Task description
From the entries below, say how many lines carry the word "operation", and give nothing but the number.

(Excerpted records begins)

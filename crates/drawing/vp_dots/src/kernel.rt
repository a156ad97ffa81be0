//! Rows painted a byte at a time.
ghost use Rattle.std.specs.Prelude.{◌≡◌, ℕ, ◌+◌, ◌-◌, ◌/◌, ◌<◌, ◌≤◌, ◌==◌, ◌≢◌, Bool, false, ℤ, pos, ◌+ℤ◌, List, nat_le, nat_lt, ◌&&◌, if◌then◌else◌, length, slice_index};
ghost use Rattle.vp_dots.specs.Dots.{bit, dot, shifted, span};
ghost use Rattle.vp_dots.specs.Painting.{Painted};
ghost use Rattle.vp_dots.specs.declared.Op.{Op};
ghost use Rattle.vp_dots.specs.declared.Op.TheVariants.{Black, White, Flip};

use crate::Op;
use crate::single::painted_byte;
use std::simd::u8x32;

/// Eight bits out of two bytes, s from the right.
#[tactic(auto, using(crate::proofs::Windows::window_bit))]
#[inline(always)]
fn window(hi: u8, lo: u8, s: u32) -> u8
    requires { s ≤ 8 }
    ensures { (k : ℕ) → k < 8 →
        bit result k ≡ (if nat_lt (k + s) 8 then bit lo (k + s) else bit hi (k + s - 8)) }
{
    (((hi as u16 * 256 + lo as u16) >> s) & 255) as u8
}

/// The byte before byte i, or 0 where there is none.
fn byte_before(source: &[u8], i: usize) -> u8
    ensures { result ≡ (if nat_lt 0 i then slice_index source.now (i - 1) else 0) }
{
    if i > 0 && i - 1 < source.len() {
        source[i - 1]
    } else {
        0
    }
}

/// Byte i, or 0 past the end.
fn byte_at(source: &[u8], i: usize) -> u8
    ensures { result ≡ slice_index source.now i }
{
    if i < source.len() { source[i] } else { 0 }
}

/// Applies the operation to byte i of the row, if it has one, by the source moved s dots to the right.
fn paint_byte_right(op: Op, source: &[u8], s: u32, i: usize, row: &mut [u8])
    requires { s < 8 }
    ensures { Painted op (λ d. d / 8 == i && (nat_le s d && dot source.now (d - s))) row.old row.new }
{
    if i < row.len() {
        let ink = window(byte_before(source, i), byte_at(source, i), s);
        row[i] = painted_byte(op, row[i], ink);
    }
}

/// Applies the operation to byte i of the row, if it has one, by the source moved s dots to the left.
fn paint_byte_left(op: Op, source: &[u8], s: u32, i: usize, row: &mut [u8])
    requires { s < 8 }
    ensures { Painted op (λ d. d / 8 == i && dot source.now (d + s)) row.old row.new }
{
    if i < row.len() {
        let ink = window(byte_at(source, i), byte_at(source, i + 1), 8 - s);
        row[i] = painted_byte(op, row[i], ink);
    }
}

/// Applies the operation to 32 bytes of the row, where the same bytes of the source are set.
#[inline(always)]
fn paint_block(op: Op, source: &[u8], i: usize, row: &mut [u8])
    requires source { i + 32 ≤ length source.now }
    requires row { i + 32 ≤ length row.old }
    ensures { Painted op (λ d. span i (i + 32) (d / 8) && dot source.now d) row.old row.new }
{
    let ink = u8x32::from_slice(&source[i..]);
    let old = u8x32::from_slice(&row[i..]);
    let new = match op {
        Op::Black => old | ink,
        Op::White => old & !ink,
        Op::Flip => old ^ ink,
    };
    new.copy_to_slice(&mut row[i..]);
}

/// Applies the operation to the dots d of the row where dot d of the source is set.
#[inline(always)]
fn paint_straight(op: Op, source: &[u8], row: &mut [u8])
    ensures { Painted op (dot source.now) row.old row.new }
{
    let n = source.len().min(row.len());
    let mut i = 0;
    while n - i >= 32 {
        paint_block(op, source, i, row);
        i += 32;
    }
    while i < n {
        row[i] = painted_byte(op, row[i], source[i]);
        i += 1;
    }
}

/// The source moved s dots to the right, a byte at a time.
#[inline(always)]
fn paint_skewed_right(op: Op, source: &[u8], s: u32, row: &mut [u8])
    requires { s < 8 }
    ensures { Painted op (λ d. nat_le s d && dot source.now (d - s)) row.old row.new }
{
    let n = source.len().min(row.len());
    if n == 0 {
        return;
    }
    paint_byte_right(op, source, s, 0, row);
    for i in 1..n {
        row[i] = painted_byte(op, row[i], window(source[i - 1], source[i], s));
    }
    paint_byte_right(op, source, s, n, row);
}

/// The source moved s dots to the left, a byte at a time.
#[inline(always)]
fn paint_skewed_left(op: Op, source: &[u8], s: u32, row: &mut [u8])
    requires { s < 8 }
    ensures { Painted op (λ d. dot source.now (d + s)) row.old row.new }
{
    let n = source.len().min(row.len());
    if n == 0 {
        return;
    }
    for i in 0..n - 1 {
        row[i] = painted_byte(op, row[i], window(source[i], source[i + 1], 8 - s));
    }
    paint_byte_left(op, source, s, n - 1, row);
}

/// The source moved less than a byte to the right.
#[inline(always)]
fn paint_right(op: Op, source: &[u8], s: u32, row: &mut [u8])
    requires { s < 8 }
    ensures { Painted op (λ d. nat_le s d && dot source.now (d - s)) row.old row.new }
{
    if s == 0 {
        paint_straight(op, source, row);
    } else {
        paint_skewed_right(op, source, s, row);
    }
}

/// The source moved less than a byte to the left.
#[inline(always)]
fn paint_left(op: Op, source: &[u8], s: u32, row: &mut [u8])
    requires { s < 8 }
    ensures { Painted op (λ d. dot source.now (d + s)) row.old row.new }
{
    if s == 0 {
        paint_straight(op, source, row);
    } else {
        paint_skewed_left(op, source, s, row);
    }
}

/// The source moved to the right, by whole bytes and then by less than one.
#[inline(always)]
fn paint_far_right(op: Op, source: &[u8], far: u64, row: &mut [u8])
    ensures { Painted op (λ d. nat_le far d && dot source.now (d - far)) row.old row.new }
{
    let q = (far / 8) as usize;
    if q < row.len() {
        paint_right(op, source, (far % 8) as u32, &mut row[q..]);
    }
}

/// The source moved to the left, by whole bytes and then by less than one.
#[inline(always)]
fn paint_far_left(op: Op, source: &[u8], far: u64, row: &mut [u8])
    ensures { Painted op (λ d. dot source.now (d + far)) row.old row.new }
{
    let q = (far / 8) as usize;
    if q < source.len() {
        paint_left(op, &source[q..], (far % 8) as u32, row);
    }
}

/// Applies the operation to the dots d of the row where dot d - at of the source is set.
// Inlined, so that each caller's loops know their operation.
#[inline(always)]
fn paint_moved(op: Op, source: &[u8], at: i64, row: &mut [u8])
    ensures { Painted op (shifted at (dot source.now)) row.old row.new }
{
    if at >= 0 {
        paint_far_right(op, source, at.unsigned_abs(), row);
    } else {
        paint_far_left(op, source, at.unsigned_abs(), row);
    }
}

/// Blackens the dots d of the row where dot d - at of the source is black.
pub fn or_into(source: &[u8], at: i64, row: &mut [u8])
    ensures { Painted Black (shifted at (dot source.now)) row.old row.new }
{
    paint_moved(Op::Black, source, at, row);
}

/// Reverses the dots d of the row where dot d - at of the source is black.
pub fn xor_into(source: &[u8], at: i64, row: &mut [u8])
    ensures { Painted Flip (shifted at (dot source.now)) row.old row.new }
{
    paint_moved(Op::Flip, source, at, row);
}

/// Whitens the dots d of the row where dot d - at of the source is black.
pub fn clear_into(source: &[u8], at: i64, row: &mut [u8])
    ensures { Painted White (shifted at (dot source.now)) row.old row.new }
{
    paint_moved(Op::White, source, at, row);
}

/// Applies the operation to the dots d of the row where dot d - at of the source is black.
pub fn paint_into(op: Op, source: &[u8], at: i64, row: &mut [u8])
    ensures { Painted op (shifted at (dot source.now)) row.old row.new }
{
    match op {
        Op::Black => or_into(source, at, row),
        Op::White => clear_into(source, at, row),
        Op::Flip => xor_into(source, at, row),
    }
}

/// A law: what is moved by an offset has at place d what it had at the place that meets d, and
/// nothing where none does.
pub fn shift_law()
    ensures meets { (at : ℤ) (f : ℕ → Bool) (d x : ℕ) → pos d ≡ at +ℤ pos x → shifted at f d ≡ f x }
    ensures outside { (at : ℤ) (f : ℕ → Bool) (d : ℕ) → ((x : ℕ) → pos d ≢ at +ℤ pos x) →
        shifted at f d ≡ false }
{}

/// A law: no two rows are what painting makes of a row.
pub fn painted_law(one: &[u8], other: &[u8])
    ensures { (op : Op) (ink : ℕ → Bool) (row : List ℕ) → Painted op ink row one.now →
        Painted op ink row other.now → one.now ≡ other.now }
{}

(Excerpted records ends)

Task result
7